NCI tasks PGDx with developing liquid assay for I-O efficacy

The NCI contract will take PGDx's assay through to early evaluations in clinical samples.

Personal Genome Diagnostics (PGDx) has won a contract to develop a liquid assay for identifying patients who are likely to respond to checkpoint inhibitors such as Merck’s Keytruda. The assay could expand the use of checkpoint inhibitors to new indications by identifying subpopulations of likely responders, and ensure more effective, targeted use of the drugs across the board.

Fueled by a contract from the National Cancer Institute (NCI), PGDx is aiming to complete initial development of the assay this year. The contract covers the development of the assay and its early evaluation in clinical samples.

Studies suggest that patients whose tumors have a lot of mutations are more likely to respond to PD-1 and PD-L1 drugs such as Keytruda. Lung, melanoma and bladder cancers, the early areas of focus for checkpoint inhibitors, are all characterized by above-average mutational loads, but counts vary from patient to patient. Equally, some patients with tumors typically associated with low mutational loads, such as colorectal cancers, have high levels of mutation. Studies suggest these patients respond better to checkpoint inhibitors than the broader population.

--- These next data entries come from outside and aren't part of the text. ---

impl<S: PageStore + Drop> Positioned for Paged<S> {
    ghost use Rattle.nofs_filedisk.specs.Bytes.{ReadsSome, Syncs};
    ghost use Rattle.nofs_pages.specs.Laws.{paged_is};

    ghost state = { λ p. paged_state (S.state p.store) (S.state p.synced.value) p.row p.faults };

    /// Bytes are read of pages alone that can be told, or of the row.
    fn read_at(&mut self, at: u64, into: &mut [u8]) -> Result<usize, Failed>
        ensures reads { ReadsSome
            (paged_state (S.state self.old.store) (S.state self.old.synced.value) self.old.row self.old.faults)
            (paged_state (S.state self.new.store) (S.state self.new.synced.value) self.new.row self.new.faults) at
            into.old into.new result }
        ensures told { IfOk result (λ n. 0 < n
            → HasTold (S.told self.new.store) self.new.row (at / 3168) ((at % 3168 + n + 3167) / 3168)) }
    {
        match self.read_some(at, into) {
            Ok(Some(count)) => Ok(count),
            Ok(None) => Err(self.failed()),
            Err(failed) => Err(failed),
        }
    }

    fn read_ahead(&mut self, at: u64, into: &mut [u8]) -> Result<Option<usize>, Failed> {
        self.read_some(at, into)
    }

    fn write_at(&mut self, at: u64, from: &[u8]) -> Result<usize, Failed> {
        let (_, offset) = place_of(at);
        let count = count_at(at, offset, from.len());
        if count == 0 {
            return if from.is_empty() {
                Ok(0)
            } else {
                Err(self.failed())
            };
        }
        match self.write_some(at, &from[..count]) {
            Ok(()) => Ok(count),
            Err(failed) => Err(failed),
        }
    }

    /// After one that succeeded what every page has is durable.
    fn sync(&mut self) -> Result<(), Failed>
        ensures syncs { Syncs
            (paged_state (S.state self.old.store) (S.state self.old.synced.value) self.old.row self.old.faults)
            (paged_state (S.state self.new.store) (S.state self.new.synced.value) self.new.row self.new.faults) result }
        ensures rests { OnOk result ((p : ℕ) → ∥ S.rests self.new.store p ∥₁) }
    {
        self.settle()?;
        self.sync_store()?;
        self.synced = Snapshot::of(&self.store);
        Ok(())
    }

    ghost is_file = { λ p. paged_is (S.state p.store) (S.state p.synced.value) p.row p.faults
        (S.is_store p.store).small p.counted p.row.small };
}
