//! The durable move of a file between directories, and what it promises of a crash.
//!
//! Promise: a move makes just the steps of the command. Wherever its entries stand in a history, among
//! those of other callers who leave its two names alone, every image that a crash may leave has the file
//! under one of the names from the end of the first flush on, and under the new one from the end of the
//! second.
#![tactic(auto)]

mod laws;
mod mover;
mod paths;
mod steps;

pub use laws::{law_move, law_move_run};
pub use mover::move_file;
pub use steps::law_move_steps;
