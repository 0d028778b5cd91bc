//! Books that go on where others ended.

ghost use Rattle.std.specs.Prelude.{◌≡◌};
ghost use Rattle.books_shared.specs.Begun.{AreNumbered};

use super::{start, two_setups};
use books_shared::{Books, are_numbered};
use common_types::ReadError;
use one_list::{Opened, Run};
use std::alloc::Global;
use std::marker::Brand;
use std::sync::Wait;
use std::test::Fail;
use tenant_core::{Opening, OpeningFault};

// The openings of acme's fourth period and of beta's first, where acme has room for so many entries.
fn two_openings(alloc: Global, journal: u64) -> Result<[Opening; 2], Fail> {
    let setups = two_setups(alloc, "8")?;
    let mut fourth = Opening::first(alloc, 0, &setups[0], start()?)?;
    fourth.period = 3;
    fourth.journal = journal;
    let first = Opening::first(alloc, 1, &setups[1], start()?)?;
    Ok([fourth, first])
}

// The numbers of the periods that begin with these openings, or the limit that one of them breaks.
fn periods<J: Run, R: Wait + AllocGlobal>(
    rt: &R,
    opened: Opened,
    openings: &[Opening; 2],
) -> Result<(u64, u64), ReadError<OpeningFault>>
    requires list { (opened.table ≡ J.table) × (opened.size ≡ J.size) }
    requires size { J.size ≡ record { tenants = 2; workers = 1 } }
    requires openings { J.openings ≡ openings.now }
    requires numbers { AreNumbered openings.now }
{
    let (books, _) = Books::<J>::begun(rt.alloc(), opened, openings, 1, false)?;
    let acme = books.enter(rt, 0).book().period();
    let beta = books.enter(rt, 1).book().period();
    Ok((acme, beta))
}

fn begun<R: Wait + AllocGlobal>(
    rt: &R,
    openings: &[Opening; 2],
) -> Result<Result<(u64, u64), ReadError<OpeningFault>>, Fail> {
    if !are_numbered(openings) {
        return Err("openings in the order of their tenants".into());
    }
    let opened = Opened::new(rt.alloc(), 2, 1)?;
    Ok(periods::<Brand, R>(rt, opened, openings))
}

// The opening of beta alone, the tenant at place 1.
fn beta_alone(alloc: Global) -> Result<[Opening; 1], Fail> {
    let setups = two_setups(alloc, "8")?;
    let opening = Opening::first(alloc, 1, &setups[1], start()?)?;
    Ok([opening])
}

// Whether an opening is found that is not at its tenant's place.
fn is_misplaced(openings: &[Opening; 1]) -> bool {
    !are_numbered(openings)
}

#[test]
fn books_go_on_from_openings(rt: HostRuntime) -> Result<(), Fail> {
    let alloc = rt.alloc();
    assert_eq!(rt; begun(&rt, &two_openings(alloc, 8)?)?, Ok((3, 0)));
    assert_eq!(rt;
        begun(&rt, &two_openings(alloc, 1)?)?,
        Err(ReadError::Fault(OpeningFault::Journal))
    );
    Ok(())
}

#[test]
fn an_opening_at_anothers_place_is_told(rt: HostRuntime) -> Result<(), Fail> {
    assert!(rt; is_misplaced(&beta_alone(rt.alloc())?));
    Ok(())
}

PGDx won the contract on the strength of its research into the link between patient tumor mutational load and responsiveness to checkpoint inhibitors.

“We have collaborated with pharmaceutical partners to evaluate the effects of mutational load by retrospectively applying whole exome sequencing and our ImmunoSelect analyses to clinical samples,” PGDx VP Mark Sausen said in a statement. “This contract now gives us the opportunity to work with these partners to develop the MutatorDETECT assay to identify patients prospectively for clinical trial enrollment.” 

Currently, a tissue biopsy is needed to measure tumor mutational load. This limits the number of patients that are assessable and prevents continual monitoring of mutational load.

PGDx thinks it can create a blood test that delivers a readout on mutational load, freeing patients from the need to provide a tissue sample and opening the door to continual monitoring of their likely responsiveness to checkpoint inhibitors.

If all goes according to plan, PGDx will emerge with an assay that enables drug developers and physicians to identify the patients most likely to respond to checkpoint inhibitors, potentially increasing the hit rate in cancers such as melanoma and creating opportunities to use the drugs in new indications.